Aren't your points under "Semantic Evolution" in many ways covered by XML and its family of standards? Or at least it was headed that way.

So many times I see people wishing for custom elements and I automatically start thinking of XML, et al.

Hey Rob,

XML had a couple of key flaws -- notably a lack of forgiveness in the face of errors and some real nuttyness about DTDs derived from the SGML legacy -- and the communities that embraced it added other baggage that prevented them from winning the day. I don't think XML gets a do-over. It lost.

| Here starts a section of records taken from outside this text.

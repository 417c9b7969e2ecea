//! Makes the fields of rows.
ghost use Rattle.std.specs.Prelude.{◌≡◌, ◌++◌, map, OnOk};
ghost use Rattle.col_column.specs.Columns.{row_at, rows_of_values};
ghost use Rattle.col_csv.specs.Csv.{field_of};
ghost use Rattle.col_dynamic.specs.Dynamic.{type_of, content_of};
ghost use Rattle.col_model.specs.ColumnType as types;
ghost use Rattle.col_model.specs.Lookup.{row_of};
ghost use Rattle.col_text.specs.Texts.{texts_content};

use crate::term_texts::{BytesTexts, StrTexts};
use crate::value_texts::{PlainTexts, ValueTexts};
use col_column::Column;
use col_dynamic::DynamicColumn;
use col_text::{BytesColumn, StrColumn};
use col_values::ColumnValues;
use std::alloc::{AllocError, Global};

// Appends the field of a row of a column; a row that the column doesn't have has an empty one.
pub(crate) fn push_field(
    alloc: Global,
    column: &DynamicColumn,
    row: u32,
    field: &mut Vec<u8>,
) -> Result<(), AllocError>
    ensures { OnOk result (field.new.items ≡ field.old.items
        ++ field_of (type_of column.now) (row_of (content_of column.now) row)) }
{
    match column {
        DynamicColumn::Bool(column) => push_first(alloc, column, row, &PlainTexts, field),
        DynamicColumn::I64(column) => push_first(alloc, column, row, &PlainTexts, field),
        DynamicColumn::U64(column) => push_first(alloc, column, row, &PlainTexts, field),
        DynamicColumn::IpAddr(column) => push_first(alloc, column, row, &PlainTexts, field),
        DynamicColumn::DateTime(column) => push_first(alloc, column, row, &PlainTexts, field),
        DynamicColumn::Bytes(column) => push_bytes(alloc, column, row, field),
        DynamicColumn::Str(column) => push_str(alloc, column, row, field),
    }
}

// The same of a column of byte strings.
fn push_bytes(
    alloc: Global,
    column: &BytesColumn,
    row: u32,
    field: &mut Vec<u8>,
) -> Result<(), AllocError>
    ensures { OnOk result (field.new.items ≡ field.old.items
        ++ field_of types.bytes (row_of (texts_content column.now) row)) }
{
    let texts = BytesTexts {
        dictionary: column.dictionary(),
    };
    push_first(alloc, column.ords(), row, &texts, field)
}

// The same of a column of texts.
fn push_str(
    alloc: Global,
    column: &StrColumn,
    row: u32,
    field: &mut Vec<u8>,
) -> Result<(), AllocError>
    ensures { OnOk result (field.new.items ≡ field.old.items
        ++ field_of types.str (row_of (texts_content column.now) row)) }
{
    let texts = StrTexts {
        dictionary: column.dictionary(),
    };
    push_first(alloc, column.bytes_column().ords(), row, &texts, field)
}

// Appends the field of a row by its first value: nothing where it has none.
fn push_first<T: PartialOrd + Copy, V: ColumnValues<T>, P: ValueTexts<T>>(
    alloc: Global,
    column: &Column<T, V>,
    row: u32,
    texts: &P,
    field: &mut Vec<u8>,
) -> Result<(), AllocError>
    ensures { OnOk result (field.new.items ≡ field.old.items ++ field_of P.kind
        (row_at (map (map (P.cell texts.now)) (rows_of_values V.values column.now)) row)) }
{
    if column.num_docs() <= row {
        return Ok(());
    }
    let Some(value) = column.first(row) else {
        return Ok(());
    };
    field.push(b'=')?;
    texts.push(alloc, value, field)
}
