//! The texts of values of columns of terms, which are the ordinals of these.
ghost use Rattle.col_model.specs.Column.{term_cell};
ghost use Rattle.col_model.specs.ColumnType as types;

use crate::value_texts::{ValueTexts, push_digits};
use col_terms::Dictionary;
use std::alloc::{AllocError, Global};

// The texts of texts, by their ordinals.
#[derive(Drop)]
pub(crate) struct StrTexts<'a> {
    pub(crate) dictionary: &'a Dictionary,
}

impl<'a> ValueTexts<u64> for StrTexts<'a> {
    ghost kind = { types.str };

    ghost cell = { λ s. term_cell s.dictionary.now };

    fn push(&self, _alloc: Global, value: u64, field: &mut Vec<u8>) -> Result<(), AllocError> {
        match self.dictionary.term_at(value) {
            Some(term) => field.extend_from_slice(term),
            None => field.extend_from_slice(&[]),
        }
    }
}

// The texts of byte strings, by their ordinals.
#[derive(Drop)]
pub(crate) struct BytesTexts<'a> {
    pub(crate) dictionary: &'a Dictionary,
}

impl<'a> ValueTexts<u64> for BytesTexts<'a> {
    ghost kind = { types.bytes };

    ghost cell = { λ s. term_cell s.dictionary.now };

    fn push(&self, alloc: Global, value: u64, field: &mut Vec<u8>) -> Result<(), AllocError> {
        match self.dictionary.term_at(value) {
            Some(term) => push_digits(alloc, field, term),
            None => push_digits(alloc, field, &[]),
        }
    }
}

Here's why custom elements are different: they aren't trying to enable the idea of "first class" distributed extensibility. XML didn't have a language, it was a system for defining languages. HTML, on the other hand, IS a language and custom elements are a way to introduce "slang" words into that language. This is entirely different ot the dream of defining a brand-new language and hoping that speakers of multiple languages can co-exist.

Regards

by alex at
Surely the whole point of "semantic html" is to convey information in a way which isn't dependent on how it looks. It tries to make a distinction between what belongs in markup and what belongs in a stylesheet. One problem with the tables and WYSIWYG editors of the early 2000s is that they tightly coupled style and substance. Your whole argument is based on the premise that the only way people want to consume the web is visually on 2 dimensional screens. The absence of any mention of screen readers is very notable. Screen readers are important, not only because they make the web accessible to more people right now, but they also show that there is more than one way to consume content. It's very short-sighted (pardon the pun) to ignore their existence as they may hint at other ways people will want to access the web in future. I'm not just talking about computers reading out what's on the page. There's potential for lots of other outputs: 3d displays, some sort of tactile response, maybe even interfacing direct with people's brains. Sure, that all sounds quite far fetched, but the point is that we don't know what the future has in store. I think the best way to be prepared for that unknown is to keep separate the information we're trying to convey from how we'd like it to look. For all its faults, "semantic html" is a nice thing to aim for, even if we don't get it right every time.
For what it's worth, I think Alex is right on the money here. This notion of democratizing the growth of semantics in HTML is downright seminal. Alex is deftly removing a mammoth wrench from the cogs of sane scope expansion as Moore's law and consumer demand outpaces the standards bodies' ability to innovate.